Instructions for the task: For each line of the listing below that contains the string "them", copy the line.
Input records Block Start
//! What a job script says.

use asset_grammar::JobAct;
use asset_names::{Ob, Txn};

/// What a job script says: the objects with their values, and the jobs with their acts, in the order of the lines. No object
/// and no job comes twice.
#[derive(Drop)]
pub struct JobScript {
    /// The objects with their values.
    pub opening: Vec<(Ob, i64)>,
    /// The jobs: the name of each, and what it does.
    pub jobs: Vec<(Txn, Vec<JobAct>)>,
}
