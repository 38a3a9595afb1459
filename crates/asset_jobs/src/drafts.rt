//! The jobs of a script as its lines come.

use asset_grammar::JobAct;
use asset_names::{NoMemory, Txn};
use indexmap::IndexSet;
use std::alloc::Global;
use std::marker::Model;

/// Jobs with their acts, in the order in which they were added; no name comes twice. Contracts see this list. Whether a name
/// is among them is found without going over them.
#[derive(Drop)]
pub(crate) struct Draft {
    jobs: Vec<(Txn, Vec<JobAct>)>,
    names: IndexSet<Txn>,
}

impl Model for Draft {
    ghost use Rattle.std.specs.Prelude.{◌≡◌, List, map};
    ghost use Rattle.asset_jobs.specs.Jobs.{Named, name_of};
    ghost use Rattle.asset_jobs.specs.Scripts.{named};

    ghost Value = { List Named };

    ghost view = { λ draft. map named draft.jobs.items };

    ghost invariant = { λ draft. draft.names.keys ≡ map name_of (map named draft.jobs.items) };
}

impl Draft {
    ghost use Rattle.std.specs.Prelude.{◌≡◌, [], ◌∷◌, ◌++◌, not, map, IfOk};
    ghost use Rattle.std.specs.Bool.{OnTrue};
    ghost use Rattle.asset_jobs.specs.Jobs.{has_job, has_none, with_act};
    ghost use Rattle.asset_jobs.specs.Scripts.{named};

    /// Returns a draft without jobs. Takes no memory.
    pub fn new(alloc: Global) -> Draft
        ensures { result ≡ [] }
    {
        Draft {
            jobs: Vec::new(alloc),
            names: IndexSet::new(alloc),
        }
    }

    /// Returns whether there is no job.
    #[tactic(auto, unfolding(crate::specs::Jobs::has_none))]
    pub fn is_empty(&self) -> bool
        ensures { result ≡ has_none self.now }
    {
        self.jobs.is_empty()
    }

    /// Adds a job without acts, unless its name is there already. Returns whether it was added.
    pub fn add(&mut self, alloc: Global, t: Txn) -> Result<bool, NoMemory>
        ensures added { IfOk result (λ added. added ≡ not (has_job self.old t)) }
        ensures grown { IfOk result (λ added. OnTrue added (self.new ≡ self.old ++ (t, []) ∷ [])) }
    {
        match self.jobs.reserve(1) {
            Ok(()) => match self.names.insert(t) {
                Ok(true) => {
                    self.jobs.push_reserved((t, Vec::new(alloc)));
                    Ok(true)
                }
                Ok(false) => Ok(false),
                Err(_) => Err(NoMemory),
            },
            Err(_) => Err(NoMemory),
        }
    }

    /// Adds an act to the last job, if there is a job. Returns whether there is one.
    pub fn push_act(&mut self, act: JobAct) -> Result<bool, NoMemory>
        ensures added { IfOk result (λ added. added ≡ not (has_none self.old)) }
        ensures grown { IfOk result (λ added. OnTrue added (self.new ≡ with_act self.old act)) }
    {
        let count = self.jobs.len();
        if count == 0 {
            return Ok(false);
        }
        match self.jobs[count - 1].1.push(act) {
            Ok(()) => Ok(true),
            Err(_) => Err(NoMemory),
        }
    }

    /// Returns the jobs.
    pub fn into_jobs(self) -> Vec<(Txn, Vec<JobAct>)>
        ensures { map named result.items ≡ self }
    {
        self.jobs
    }
}
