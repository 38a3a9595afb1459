//! Why a job script was not read.

ghost use Rattle.std.specs.Prelude.{◌≡◌};
ghost use Rattle.asset_jobs.specs.declared.faults.JobsFault.TheVariants.{NoMemory};

use std::alloc::AllocError;
use thiserror::Error;

/// Why a job script was not read.
#[derive(Clone, Copy, Debug, PartialEq, Eq, Error)]
pub enum JobsFault {
    /// The line of this number is bad, and those after it were not looked at. Lines count from 1.
    #[error("line {0}: bad command")]
    BadLine(u64),
    /// The reader failed, gave more than 67,108,864 bytes, or was asked 134,217,728 times.
    #[error("read fault")]
    Read,
    /// Memory ran out.
    #[error("no memory")]
    NoMemory,
}

impl From<AllocError> for JobsFault {
    ghost from_gives = { λ _ fault. fault ≡ NoMemory };

    fn from(_error: AllocError) -> JobsFault {
        JobsFault::NoMemory
    }
}
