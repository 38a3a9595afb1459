//! Does the acts of a job.

ghost use Rattle.std.specs.Prelude.{◌≡◌, ◌∷◌, [], Some};
ghost use Rattle.asset_bodies.specs.Working.{IsSame};
ghost use Rattle.asset_jobs.specs.Acts.{DidActs, DoesActs, goes_on, act_value};

use asset_bodies::{Finished, Tx};
use asset_grammar::JobAct;
use asset_names::{Fault, Outcome, Reply};
use std::sync::Wait;

/// Returns whether a job goes on after an act that met this.
#[tactic(auto, unfolding(crate::specs::Acts::goes_on))]
fn goes_on(met: Result<Outcome, Fault>) -> bool
    ensures { result ≡ goes_on met }
{
    match met {
        Ok(Outcome::Answer(Reply::Done)) => true,
        Ok(Outcome::Answer(Reply::Value(_))) => true,
        _ => false,
    }
}

/// Returns the value that an act writes or the amount that it adds, and 0 for any other act. A signed number from an act is
/// passed on as the result of a call, so that the proof knows its range.
#[tactic(auto, unfolding(crate::specs::Acts::act_value))]
fn act_value(act: JobAct) -> i64
    ensures { result ≡ act_value act }
{
    match act {
        JobAct::Write(_, v) => v,
        JobAct::Add(_, d) => d,
        _ => 0,
    }
}

/// Does one act. Returns whether the job goes on after it.
fn act<R: Wait>(rt: &R, tx: &mut Tx, act: JobAct) -> bool
    ensures same { IsSame tx.old tx.new }
    ensures did { DoesActs tx.old.name (act ∷ []) tx.old.list.calls result tx.new.list.calls }
{
    match act {
        JobAct::Read(x) => goes_on(tx.read(rt, x)),
        JobAct::Write(x, _) => goes_on(tx.write(rt, x, act_value(act))),
        JobAct::Add(x, _) => goes_on(tx.add(rt, x, act_value(act))),
        JobAct::GiveUp => false,
    }
}

/// Does the acts in order, and is done then. Gives up at once at an act that gives up, or that is not answered `Done` or with
/// a value.
pub fn do_acts<R: Wait>(rt: &R, tx: Tx, acts: &[JobAct]) -> Finished
    ensures own { (result.name ≡ tx.name) × (result.of ≡ Some tx.manager) }
    ensures did { DidActs tx acts.now result }
{
    let mut tx = tx;
    'acts: for next in acts {
        if !act(rt, &mut tx, *next) {
            return tx.give_up(rt);
        }
    }
    tx.done(rt)
}
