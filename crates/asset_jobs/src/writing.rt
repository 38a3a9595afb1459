//! Writes how jobs ended.

ghost use Rattle.std.specs.Prelude.{◌≡◌, IfErr, OnOk};
ghost use Rattle.std.specs.Io.KnownBytes.{Appends};
ghost use Rattle.asset_jobs.specs.Reads.{FailsToWrite};
ghost use Rattle.asset_jobs.specs.Texts.{jobs_text};

use crate::rows::{JobText, push_jobs};
use asset_audit::AuditFault;
use asset_names::{Counts, Txn};
use asset_scripts::{Device, ScriptFault, write_all};
use std::alloc::Global;
use std::io::Write;

/// Writes a line for each job, in order, and then a line for the audit: the counts if it found nothing, or what it found.
/// Nothing is written before the text is whole.
///
/// Answers `Write` only if the writer failed, and then a prefix of the text was written; and `NoMemory` if memory runs out,
/// and then nothing was.
pub fn write_jobs<W: Write>(
    alloc: Global,
    output: &mut Device<W>,
    rows: &[(Txn, JobText)],
    audit: &Result<(), AuditFault>,
    counts: Counts,
) -> Result<(), ScriptFault>
    ensures wrote { OnOk result (Appends (W.contents output.old.inner) (W.contents output.new.inner) (jobs_text rows.now audit.now counts)) }
    ensures sound { OnOk result (output.new.failed ≡ output.old.failed) }
    ensures stopped { IfErr result (FailsToWrite W.contents output.old output.new (jobs_text rows.now audit.now counts)) }
{
    let mut text = String::new(alloc);
    match push_jobs(&mut text, rows, audit, counts) {
        Ok(()) => write_all(output, text.as_bytes()),
        Err(_) => Err(ScriptFault::NoMemory),
    }
}
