//! How jobs ended, and the lines that say it. If memory runs out, a part of a line may have been appended to the text.

ghost use Rattle.std.specs.Prelude.{◌≡◌, ◌++◌, OnOk, flat_map, string_bytes};
ghost use Rattle.asset_jobs.specs.Texts.{audit_line, counts_line, end_text, fault_line, jobs_text, row_line};

use asset_audit::AuditFault;
use asset_names::{Counts, Txn};
use std::alloc::AllocError;

/// How a job ended.
#[derive(Clone, Copy, Debug, PartialEq, Eq)]
pub enum JobText {
    /// It committed.
    Committed,
    /// It aborted.
    Aborted,
    /// Neither was answered.
    Unsettled,
    /// Its body was not called.
    NotBegun,
}

/// Returns the words of an end.
#[tactic(auto, unfolding(crate::specs::Texts::end_text))]
fn words_of(end: JobText) -> &'static str
    ensures { result.now ≡ end_text end }
{
    match end {
        JobText::Committed => "committed",
        JobText::Aborted => "aborted",
        JobText::Unsettled => "unsettled",
        JobText::NotBegun => "not begun",
    }
}

/// Appends the line of a job.
#[tactic(auto, unfolding(crate::specs::Texts::row_line, asset_printing::specs::Texts::line_end))]
fn push_row(text: &mut String, row: (Txn, JobText)) -> Result<(), AllocError>
    ensures { OnOk result (string_bytes text.new ≡ string_bytes text.old ++ row_line row) }
{
    writeln!(text, "job {} {}", row.0.0, words_of(row.1))
}

/// Appends the lines of the jobs, in order.
fn push_rows(text: &mut String, rows: &[(Txn, JobText)]) -> Result<(), AllocError>
    ensures { OnOk result (string_bytes text.new ≡ string_bytes text.old ++ flat_map row_line rows.now) }
{
    'rows: for row in rows {
        push_row(text, *row)?;
    }
    Ok(())
}

/// Appends the line of an audit that found nothing.
#[tactic(auto, unfolding(crate::specs::Texts::counts_line, asset_printing::specs::Texts::line_end))]
fn push_counts(text: &mut String, counts: Counts) -> Result<(), AllocError>
    ensures { OnOk result (string_bytes text.new ≡ string_bytes text.old ++ counts_line counts) }
{
    writeln!(
        text,
        "audit ok entries {} committed {} aborted {}",
        counts.entries, counts.committed, counts.aborted
    )
}

/// Appends the line of what an audit found.
#[tactic(auto, unfolding(crate::specs::Texts::fault_line, asset_printing::specs::Texts::line_end))]
fn push_fault(text: &mut String, fault: AuditFault) -> Result<(), AllocError>
    ensures { OnOk result (string_bytes text.new ≡ string_bytes text.old ++ fault_line fault) }
{
    match fault {
        AuditFault::Differs { session, number } => {
            writeln!(text, "audit differs {session} {number}")
        }
        AuditFault::Missing { told, kept } => writeln!(text, "audit missing {told} {kept}"),
    }
}

/// Appends the line of an audit.
#[tactic(auto, unfolding(crate::specs::Texts::audit_line))]
fn push_audit(
    text: &mut String,
    audit: &Result<(), AuditFault>,
    counts: Counts,
) -> Result<(), AllocError>
    ensures { OnOk result (string_bytes text.new ≡ string_bytes text.old ++ audit_line audit.now counts) }
{
    match audit {
        Ok(()) => push_counts(text, counts),
        Err(fault) => push_fault(text, *fault),
    }
}

/// Appends the lines of the jobs, in order, and then that of the audit.
#[tactic(auto, unfolding(crate::specs::Texts::jobs_text))]
pub(crate) fn push_jobs(
    text: &mut String,
    rows: &[(Txn, JobText)],
    audit: &Result<(), AuditFault>,
    counts: Counts,
) -> Result<(), AllocError>
    ensures { OnOk result (string_bytes text.new ≡ string_bytes text.old ++ jobs_text rows.now audit.now counts) }
{
    push_rows(text, rows)?;
    push_audit(text, audit, counts)
}
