//! Takes the lines of a job script.

ghost use Rattle.std.specs.Prelude.{◌≡◌, ◌+◌, ◌^◌, ◌<◌, ◌≤◌, cond, None, Some, Ok, length, IfOk, IfErr, OnOk};
ghost use Rattle.asset_scripts.specs.Transfers.{input_limit};
ghost use Rattle.asset_grammar.specs.Lines.{lines};
ghost use Rattle.asset_jobs.specs.Jobs.{empty, jobs_of, said_from, with_line};
ghost use Rattle.asset_jobs.specs.Reads.{FailsToSay};
ghost use Rattle.asset_jobs.specs.Scripts.{script_of, so_far};

use crate::drafts::Draft;
use crate::faults::JobsFault;
use crate::scripts::JobScript;
use asset_grammar::{JobLine, ScriptLines};
use asset_names::{NoMemory, Ob};
use asset_scripts::OpeningObjects;
use std::alloc::Global;

/// Adds an object to the opening, if there is no job yet and it is not there. Returns whether it was added.
fn take_object(
    opening: &mut OpeningObjects,
    jobs: &Draft,
    object: (Ob, i64),
) -> Result<bool, NoMemory>
    ensures { IfOk result (λ good. with_line (so_far opening.old jobs.now) (JobLine.Object object) ≡ cond good (Some (so_far opening.new jobs.now)) None) }
{
    if !jobs.is_empty() {
        return Ok(false);
    }
    match opening.add(object) {
        Ok(added) => Ok(added),
        Err(_) => Err(NoMemory),
    }
}

/// Takes one line. Returns whether it is good.
fn take_line(
    alloc: Global,
    opening: &mut OpeningObjects,
    jobs: &mut Draft,
    line: JobLine,
) -> Result<bool, NoMemory>
    ensures { IfOk result (λ good. with_line (so_far opening.old jobs.old) line ≡ cond good (Some (so_far opening.new jobs.new)) None) }
{
    match line {
        JobLine::Blank => Ok(true),
        JobLine::Object(object) => take_object(opening, jobs, object),
        JobLine::Job(t) => jobs.add(alloc, t),
        JobLine::Act(act) => jobs.push_act(act),
        JobLine::Bad => Ok(false),
    }
}

/// Takes all lines up to the first bad one, over no objects and no jobs. It fails if there is one, or if memory runs out.
fn take_lines(
    alloc: Global,
    opening: &mut OpeningObjects,
    jobs: &mut Draft,
    bytes: &[u8],
) -> Result<(), JobsFault>
    requires empty { so_far opening.old jobs.old ≡ empty }
    requires few { length (lines bytes.now) + 1 < 2 ^ 64 }
    ensures says { OnOk result (jobs_of bytes.now ≡ Ok (so_far opening.new jobs.new)) }
    ensures fails { IfErr result (FailsToSay bytes.now) }
{
    let mut left = ScriptLines::new(bytes);
    let mut number = 1;
    'lines: while let Some(line) = left.next_job_line() {
        match take_line(alloc, opening, jobs, line) {
            Ok(true) => {}
            Ok(false) => return Err(JobsFault::BadLine(number)),
            Err(NoMemory) => return Err(JobsFault::NoMemory),
        }
        number += 1;
    }
    Ok(())
}

/// Returns the script that the bytes say.
pub(crate) fn parse_jobs(alloc: Global, bytes: &[u8]) -> Result<JobScript, JobsFault>
    requires { length bytes.now ≤ input_limit }
    ensures says { IfOk result (λ script. jobs_of bytes.now ≡ Ok (script_of script)) }
    ensures fails { IfErr result (FailsToSay bytes.now) }
{
    let mut opening = OpeningObjects::new(alloc);
    let mut jobs = Draft::new(alloc);
    match take_lines(alloc, &mut opening, &mut jobs, bytes) {
        Ok(()) => Ok(JobScript {
            opening: opening.into_pairs(),
            jobs: jobs.into_jobs(),
        }),
        Err(fault) => Err(fault),
    }
}
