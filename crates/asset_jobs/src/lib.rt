//! Job scripts: reads what jobs are to do, and writes how each of them ended. Bytes come and go through the devices of
//! `asset_scripts`.
#![tactic(auto)]

mod acting;
mod drafts;
mod ended;
mod faults;
mod parsing;
mod reading;
mod rows;
mod scripts;
mod writing;

pub use acting::do_acts;
pub use asset_grammar::JobAct;
pub use ended::{names_of, rows_of};
pub use faults::JobsFault;
pub use reading::read_jobs;
pub use rows::JobText;
pub use scripts::JobScript;
pub use writing::write_jobs;
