//! Reads a job script.

ghost use Rattle.std.specs.Prelude.{◌≡◌, false, Ok, IfErr, IfOk, OnOk};
ghost use Rattle.asset_scripts.specs.Device.{IsUnused};
ghost use Rattle.asset_jobs.specs.Reads.{FailsToRead, GaveScript};
ghost use Rattle.asset_jobs.specs.Scripts.{script_of};

use crate::faults::JobsFault;
use crate::parsing::parse_jobs;
use crate::scripts::JobScript;
use asset_scripts::{Device, ScriptFault, read_all};
use std::alloc::Global;
use std::io::Read;

/// Reads the job script that the reader gives, all of it.
///
/// Answers `BadLine` with the number of the first bad line; `Read` only if the reader failed, gave more than 67,108,864
/// bytes or was asked 134,217,728 times; and `NoMemory` if memory runs out.
///
/// Requires a device that was asked nothing. Holds the whole input in memory, and takes time nearly in proportion to it.
pub fn read_jobs<R: Read>(alloc: Global, input: &mut Device<R>) -> Result<JobScript, JobsFault>
    requires { IsUnused input.old }
    ensures sound { OnOk result (input.new.failed ≡ false) }
    ensures script { IfOk result (λ script. GaveScript R.remaining input.old input.new (Ok (script_of script))) }
    ensures fault { IfErr result (FailsToRead R.remaining input.old input.new) }
{
    match read_all(alloc, input) {
        Ok(bytes) => parse_jobs(alloc, &bytes),
        Err(ScriptFault::Read) => Err(JobsFault::Read),
        Err(_) => Err(JobsFault::NoMemory),
    }
}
Input records Block End
Solution to the exercise:
/// is among them is found without going over them.
//! Job scripts: reads what jobs are to do, and writes how each of them ended. Bytes come and go through the devices of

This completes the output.